### DATA SUPPLIED
------------------------------

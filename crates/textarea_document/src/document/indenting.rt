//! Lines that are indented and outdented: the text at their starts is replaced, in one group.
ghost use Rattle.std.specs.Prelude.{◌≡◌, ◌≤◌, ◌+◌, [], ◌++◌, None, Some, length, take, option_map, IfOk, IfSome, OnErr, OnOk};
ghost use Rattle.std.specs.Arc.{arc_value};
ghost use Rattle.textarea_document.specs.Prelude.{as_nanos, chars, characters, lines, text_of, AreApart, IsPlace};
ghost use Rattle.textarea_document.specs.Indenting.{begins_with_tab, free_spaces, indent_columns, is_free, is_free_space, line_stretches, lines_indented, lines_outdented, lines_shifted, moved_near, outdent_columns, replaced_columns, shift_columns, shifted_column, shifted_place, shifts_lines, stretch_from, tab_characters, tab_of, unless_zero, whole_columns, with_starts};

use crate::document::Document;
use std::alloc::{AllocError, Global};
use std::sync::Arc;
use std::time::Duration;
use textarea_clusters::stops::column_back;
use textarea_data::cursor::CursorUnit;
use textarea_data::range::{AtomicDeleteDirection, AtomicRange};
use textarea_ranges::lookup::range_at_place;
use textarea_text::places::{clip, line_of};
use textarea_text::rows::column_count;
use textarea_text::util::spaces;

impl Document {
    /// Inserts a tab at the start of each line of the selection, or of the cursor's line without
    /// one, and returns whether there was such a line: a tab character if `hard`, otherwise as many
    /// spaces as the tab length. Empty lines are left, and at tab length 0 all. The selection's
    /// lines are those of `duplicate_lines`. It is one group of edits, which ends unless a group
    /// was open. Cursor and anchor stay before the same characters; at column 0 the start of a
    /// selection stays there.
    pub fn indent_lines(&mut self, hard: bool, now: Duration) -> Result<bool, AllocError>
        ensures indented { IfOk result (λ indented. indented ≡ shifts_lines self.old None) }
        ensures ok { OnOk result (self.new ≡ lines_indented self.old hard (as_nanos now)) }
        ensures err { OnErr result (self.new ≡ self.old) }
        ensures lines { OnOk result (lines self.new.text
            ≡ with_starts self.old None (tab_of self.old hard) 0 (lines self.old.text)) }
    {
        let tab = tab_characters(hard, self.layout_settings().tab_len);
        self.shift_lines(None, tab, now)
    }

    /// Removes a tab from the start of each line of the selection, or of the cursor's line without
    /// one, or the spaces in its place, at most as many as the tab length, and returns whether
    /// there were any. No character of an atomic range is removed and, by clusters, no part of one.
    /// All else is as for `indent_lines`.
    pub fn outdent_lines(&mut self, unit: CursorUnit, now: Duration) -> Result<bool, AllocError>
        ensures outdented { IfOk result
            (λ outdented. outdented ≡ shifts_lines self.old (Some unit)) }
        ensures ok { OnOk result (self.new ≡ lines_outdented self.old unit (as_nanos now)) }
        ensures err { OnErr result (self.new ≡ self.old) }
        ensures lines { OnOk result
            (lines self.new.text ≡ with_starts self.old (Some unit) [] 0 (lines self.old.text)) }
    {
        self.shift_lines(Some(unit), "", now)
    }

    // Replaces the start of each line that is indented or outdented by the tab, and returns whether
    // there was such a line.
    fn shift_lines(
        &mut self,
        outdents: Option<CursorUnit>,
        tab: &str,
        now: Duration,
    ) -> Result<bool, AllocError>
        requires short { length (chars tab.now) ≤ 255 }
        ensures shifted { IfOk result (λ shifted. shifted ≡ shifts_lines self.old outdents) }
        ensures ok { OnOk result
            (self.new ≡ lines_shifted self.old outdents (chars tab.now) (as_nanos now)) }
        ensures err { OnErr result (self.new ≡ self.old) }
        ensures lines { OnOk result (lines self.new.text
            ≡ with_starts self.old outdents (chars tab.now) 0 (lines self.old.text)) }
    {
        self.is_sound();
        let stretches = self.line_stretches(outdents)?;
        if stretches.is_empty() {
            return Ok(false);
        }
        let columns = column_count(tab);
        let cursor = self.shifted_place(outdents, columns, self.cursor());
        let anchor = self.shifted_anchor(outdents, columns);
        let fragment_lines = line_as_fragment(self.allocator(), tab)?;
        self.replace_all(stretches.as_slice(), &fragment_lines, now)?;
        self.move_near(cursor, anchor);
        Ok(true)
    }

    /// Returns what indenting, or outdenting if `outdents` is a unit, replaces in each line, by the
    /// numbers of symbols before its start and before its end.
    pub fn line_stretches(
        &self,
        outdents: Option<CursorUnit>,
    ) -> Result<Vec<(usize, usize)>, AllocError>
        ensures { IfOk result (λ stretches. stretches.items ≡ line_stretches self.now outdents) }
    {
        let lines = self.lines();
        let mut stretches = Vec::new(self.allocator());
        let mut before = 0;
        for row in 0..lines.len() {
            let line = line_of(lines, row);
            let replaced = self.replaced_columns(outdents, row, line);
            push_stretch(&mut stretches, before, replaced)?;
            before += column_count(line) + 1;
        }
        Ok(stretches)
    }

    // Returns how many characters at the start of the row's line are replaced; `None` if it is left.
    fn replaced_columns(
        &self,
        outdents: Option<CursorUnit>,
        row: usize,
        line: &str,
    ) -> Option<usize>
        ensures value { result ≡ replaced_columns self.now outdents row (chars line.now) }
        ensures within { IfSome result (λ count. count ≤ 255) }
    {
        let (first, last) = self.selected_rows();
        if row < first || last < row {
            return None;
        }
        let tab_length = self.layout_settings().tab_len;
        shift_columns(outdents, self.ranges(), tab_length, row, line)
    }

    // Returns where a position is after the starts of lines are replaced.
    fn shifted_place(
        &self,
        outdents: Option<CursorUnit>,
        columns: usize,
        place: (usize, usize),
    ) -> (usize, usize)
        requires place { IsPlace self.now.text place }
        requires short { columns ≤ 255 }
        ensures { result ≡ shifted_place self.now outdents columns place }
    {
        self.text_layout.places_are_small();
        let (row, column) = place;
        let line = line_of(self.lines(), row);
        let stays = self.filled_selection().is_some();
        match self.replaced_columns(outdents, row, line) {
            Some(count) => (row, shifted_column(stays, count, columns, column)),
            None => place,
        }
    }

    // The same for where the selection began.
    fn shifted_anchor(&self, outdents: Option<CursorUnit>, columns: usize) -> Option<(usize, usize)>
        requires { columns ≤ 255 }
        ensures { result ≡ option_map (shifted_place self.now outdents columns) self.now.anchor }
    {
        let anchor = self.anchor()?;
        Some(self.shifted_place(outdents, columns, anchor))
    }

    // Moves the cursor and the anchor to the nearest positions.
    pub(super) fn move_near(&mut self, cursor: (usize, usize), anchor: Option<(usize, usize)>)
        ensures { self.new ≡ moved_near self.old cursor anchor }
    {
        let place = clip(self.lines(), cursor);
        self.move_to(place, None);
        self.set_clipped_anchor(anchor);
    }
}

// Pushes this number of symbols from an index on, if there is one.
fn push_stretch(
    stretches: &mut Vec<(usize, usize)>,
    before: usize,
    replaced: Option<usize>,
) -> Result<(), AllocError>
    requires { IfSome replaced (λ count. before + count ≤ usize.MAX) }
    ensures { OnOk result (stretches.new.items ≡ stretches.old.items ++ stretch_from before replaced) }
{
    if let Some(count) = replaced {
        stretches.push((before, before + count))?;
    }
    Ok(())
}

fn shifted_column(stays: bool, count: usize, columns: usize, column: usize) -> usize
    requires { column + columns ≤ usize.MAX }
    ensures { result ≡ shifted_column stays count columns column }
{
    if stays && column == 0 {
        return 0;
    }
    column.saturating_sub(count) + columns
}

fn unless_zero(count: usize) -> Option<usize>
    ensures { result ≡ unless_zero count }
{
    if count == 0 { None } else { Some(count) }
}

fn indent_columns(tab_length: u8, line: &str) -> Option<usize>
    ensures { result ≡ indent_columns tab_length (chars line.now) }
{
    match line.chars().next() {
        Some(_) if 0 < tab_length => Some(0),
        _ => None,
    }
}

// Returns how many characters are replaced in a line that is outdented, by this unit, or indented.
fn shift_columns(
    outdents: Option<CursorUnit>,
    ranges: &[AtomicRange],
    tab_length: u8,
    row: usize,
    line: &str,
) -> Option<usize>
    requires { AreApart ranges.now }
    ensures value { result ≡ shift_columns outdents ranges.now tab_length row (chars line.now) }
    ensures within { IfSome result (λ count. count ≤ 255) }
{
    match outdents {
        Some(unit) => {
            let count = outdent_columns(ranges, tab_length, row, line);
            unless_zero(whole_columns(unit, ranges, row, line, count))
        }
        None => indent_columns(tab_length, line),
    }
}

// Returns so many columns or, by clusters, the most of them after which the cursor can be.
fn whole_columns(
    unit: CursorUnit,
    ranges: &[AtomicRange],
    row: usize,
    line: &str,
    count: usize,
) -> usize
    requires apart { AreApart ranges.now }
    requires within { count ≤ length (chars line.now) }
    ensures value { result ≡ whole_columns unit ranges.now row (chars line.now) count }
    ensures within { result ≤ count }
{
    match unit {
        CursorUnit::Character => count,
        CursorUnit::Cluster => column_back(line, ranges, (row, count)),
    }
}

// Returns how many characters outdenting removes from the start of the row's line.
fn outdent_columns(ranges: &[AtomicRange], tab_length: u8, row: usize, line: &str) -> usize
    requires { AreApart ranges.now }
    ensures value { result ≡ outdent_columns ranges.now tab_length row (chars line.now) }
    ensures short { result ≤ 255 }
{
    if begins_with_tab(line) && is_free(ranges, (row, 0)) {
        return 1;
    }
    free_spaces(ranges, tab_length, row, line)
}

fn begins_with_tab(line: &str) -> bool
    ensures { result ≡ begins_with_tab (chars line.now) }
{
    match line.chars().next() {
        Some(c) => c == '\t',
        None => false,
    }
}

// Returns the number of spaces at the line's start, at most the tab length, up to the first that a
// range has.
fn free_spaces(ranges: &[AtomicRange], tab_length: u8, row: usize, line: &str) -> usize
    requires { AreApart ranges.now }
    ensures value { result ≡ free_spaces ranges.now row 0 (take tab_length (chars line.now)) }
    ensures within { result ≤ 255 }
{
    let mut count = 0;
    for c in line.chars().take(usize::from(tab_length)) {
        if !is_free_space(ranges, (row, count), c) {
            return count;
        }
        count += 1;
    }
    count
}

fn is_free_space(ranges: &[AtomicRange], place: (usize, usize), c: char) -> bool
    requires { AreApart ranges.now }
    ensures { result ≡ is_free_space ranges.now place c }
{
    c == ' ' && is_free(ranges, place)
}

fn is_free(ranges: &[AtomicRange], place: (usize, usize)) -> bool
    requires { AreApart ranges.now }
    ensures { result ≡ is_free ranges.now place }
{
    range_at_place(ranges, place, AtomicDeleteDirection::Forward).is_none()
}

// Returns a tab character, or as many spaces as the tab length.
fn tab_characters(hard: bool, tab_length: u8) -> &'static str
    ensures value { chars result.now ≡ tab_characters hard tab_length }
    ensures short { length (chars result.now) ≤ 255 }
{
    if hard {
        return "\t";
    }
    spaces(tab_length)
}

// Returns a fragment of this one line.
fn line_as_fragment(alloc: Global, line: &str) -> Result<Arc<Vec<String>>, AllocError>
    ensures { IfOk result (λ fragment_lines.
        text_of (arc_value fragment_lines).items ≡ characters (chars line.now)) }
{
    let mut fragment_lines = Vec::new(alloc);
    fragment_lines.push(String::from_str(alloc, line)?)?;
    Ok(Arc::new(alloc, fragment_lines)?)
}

------------------------------

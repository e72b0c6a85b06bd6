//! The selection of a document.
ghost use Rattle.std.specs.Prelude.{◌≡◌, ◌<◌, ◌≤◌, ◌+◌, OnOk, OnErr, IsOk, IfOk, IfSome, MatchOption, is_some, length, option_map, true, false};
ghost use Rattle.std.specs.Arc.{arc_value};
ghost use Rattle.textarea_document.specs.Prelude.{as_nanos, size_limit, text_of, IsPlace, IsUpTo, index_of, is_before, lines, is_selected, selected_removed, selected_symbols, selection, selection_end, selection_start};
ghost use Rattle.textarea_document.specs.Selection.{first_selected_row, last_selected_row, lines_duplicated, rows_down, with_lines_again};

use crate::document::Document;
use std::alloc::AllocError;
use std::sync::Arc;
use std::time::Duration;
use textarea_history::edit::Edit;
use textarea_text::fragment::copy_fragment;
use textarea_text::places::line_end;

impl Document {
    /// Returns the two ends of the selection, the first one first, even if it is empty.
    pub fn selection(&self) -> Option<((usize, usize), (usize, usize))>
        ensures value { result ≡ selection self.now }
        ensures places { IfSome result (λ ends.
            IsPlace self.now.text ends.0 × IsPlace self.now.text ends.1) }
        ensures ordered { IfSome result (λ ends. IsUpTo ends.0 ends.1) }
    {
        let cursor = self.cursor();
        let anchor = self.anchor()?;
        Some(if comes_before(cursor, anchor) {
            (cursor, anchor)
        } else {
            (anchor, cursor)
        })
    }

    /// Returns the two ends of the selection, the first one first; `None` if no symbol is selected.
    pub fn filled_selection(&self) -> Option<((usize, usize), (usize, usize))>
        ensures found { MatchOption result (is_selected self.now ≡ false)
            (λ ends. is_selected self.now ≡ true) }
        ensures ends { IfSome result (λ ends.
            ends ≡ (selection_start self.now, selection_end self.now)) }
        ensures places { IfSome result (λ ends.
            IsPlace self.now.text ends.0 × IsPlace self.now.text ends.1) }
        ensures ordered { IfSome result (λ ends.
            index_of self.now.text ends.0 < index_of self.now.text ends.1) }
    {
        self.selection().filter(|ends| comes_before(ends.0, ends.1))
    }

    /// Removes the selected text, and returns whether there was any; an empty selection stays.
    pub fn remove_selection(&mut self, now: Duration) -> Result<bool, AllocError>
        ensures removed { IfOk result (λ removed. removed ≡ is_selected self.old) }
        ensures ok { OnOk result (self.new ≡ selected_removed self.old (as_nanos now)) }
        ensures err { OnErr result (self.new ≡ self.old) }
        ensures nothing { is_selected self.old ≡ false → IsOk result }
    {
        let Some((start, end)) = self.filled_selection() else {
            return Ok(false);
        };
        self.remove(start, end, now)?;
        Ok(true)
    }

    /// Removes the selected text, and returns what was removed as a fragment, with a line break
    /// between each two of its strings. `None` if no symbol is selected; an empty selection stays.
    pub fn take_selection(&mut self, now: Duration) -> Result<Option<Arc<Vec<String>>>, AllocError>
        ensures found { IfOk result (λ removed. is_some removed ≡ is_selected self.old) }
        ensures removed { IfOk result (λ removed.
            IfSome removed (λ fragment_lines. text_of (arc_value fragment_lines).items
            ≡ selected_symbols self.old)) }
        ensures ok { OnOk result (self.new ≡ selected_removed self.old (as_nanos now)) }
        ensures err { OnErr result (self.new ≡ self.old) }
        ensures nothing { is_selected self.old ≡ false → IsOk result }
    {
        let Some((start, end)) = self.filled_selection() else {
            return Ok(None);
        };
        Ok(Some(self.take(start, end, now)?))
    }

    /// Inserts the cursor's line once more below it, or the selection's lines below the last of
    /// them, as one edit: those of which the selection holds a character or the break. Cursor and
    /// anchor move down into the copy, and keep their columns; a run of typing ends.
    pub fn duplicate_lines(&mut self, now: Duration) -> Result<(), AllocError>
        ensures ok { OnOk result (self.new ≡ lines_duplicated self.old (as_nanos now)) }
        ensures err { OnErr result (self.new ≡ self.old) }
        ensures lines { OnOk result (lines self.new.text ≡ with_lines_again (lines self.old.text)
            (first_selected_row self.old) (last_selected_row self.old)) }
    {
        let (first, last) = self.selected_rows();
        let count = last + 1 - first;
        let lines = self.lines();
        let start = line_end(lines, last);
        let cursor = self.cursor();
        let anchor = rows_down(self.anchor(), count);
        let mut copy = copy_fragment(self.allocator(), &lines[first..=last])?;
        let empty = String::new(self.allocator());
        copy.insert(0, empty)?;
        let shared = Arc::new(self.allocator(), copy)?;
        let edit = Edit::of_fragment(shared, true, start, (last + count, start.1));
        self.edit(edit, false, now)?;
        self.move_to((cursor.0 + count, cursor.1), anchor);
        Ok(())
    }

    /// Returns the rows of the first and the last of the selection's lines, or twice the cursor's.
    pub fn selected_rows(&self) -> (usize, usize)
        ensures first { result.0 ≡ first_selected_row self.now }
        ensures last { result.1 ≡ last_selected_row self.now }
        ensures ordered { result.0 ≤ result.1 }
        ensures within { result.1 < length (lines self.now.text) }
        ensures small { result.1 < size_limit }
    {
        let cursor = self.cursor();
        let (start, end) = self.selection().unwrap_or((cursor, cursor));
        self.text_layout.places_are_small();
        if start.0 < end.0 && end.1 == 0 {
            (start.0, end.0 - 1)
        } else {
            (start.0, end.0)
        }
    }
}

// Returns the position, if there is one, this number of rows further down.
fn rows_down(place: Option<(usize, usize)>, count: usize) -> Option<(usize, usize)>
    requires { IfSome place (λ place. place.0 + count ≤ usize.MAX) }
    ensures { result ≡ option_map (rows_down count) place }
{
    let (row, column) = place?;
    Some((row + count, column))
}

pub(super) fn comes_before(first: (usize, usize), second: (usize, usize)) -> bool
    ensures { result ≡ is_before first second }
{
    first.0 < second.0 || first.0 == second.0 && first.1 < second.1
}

------------------------------

### EXERCISE OBJECTIVE
Using the entries above, give again exactly the lines from the line holding "let mut before = 0;" through the line holding "let stays = self.filled_selection().is_some();". Include both end lines and nothing else.

### OUTPUT BELOW
        let mut before = 0;
        for row in 0..lines.len() {
            let line = line_of(lines, row);
            let replaced = self.replaced_columns(outdents, row, line);
            push_stretch(&mut stretches, before, replaced)?;
            before += column_count(line) + 1;
        }
        Ok(stretches)
    }

    // Returns how many characters at the start of the row's line are replaced; `None` if it is left.
    fn replaced_columns(
        &self,
        outdents: Option<CursorUnit>,
        row: usize,
        line: &str,
    ) -> Option<usize>
        ensures value { result ≡ replaced_columns self.now outdents row (chars line.now) }
        ensures within { IfSome result (λ count. count ≤ 255) }
    {
        let (first, last) = self.selected_rows();
        if row < first || last < row {
            return None;
        }
        let tab_length = self.layout_settings().tab_len;
        shift_columns(outdents, self.ranges(), tab_length, row, line)
    }

    // Returns where a position is after the starts of lines are replaced.
    fn shifted_place(
        &self,
        outdents: Option<CursorUnit>,
        columns: usize,
        place: (usize, usize),
    ) -> (usize, usize)
        requires place { IsPlace self.now.text place }
        requires short { columns ≤ 255 }
        ensures { result ≡ shifted_place self.now outdents columns place }
    {
        self.text_layout.places_are_small();
        let (row, column) = place;
        let line = line_of(self.lines(), row);
        let stays = self.filled_selection().is_some();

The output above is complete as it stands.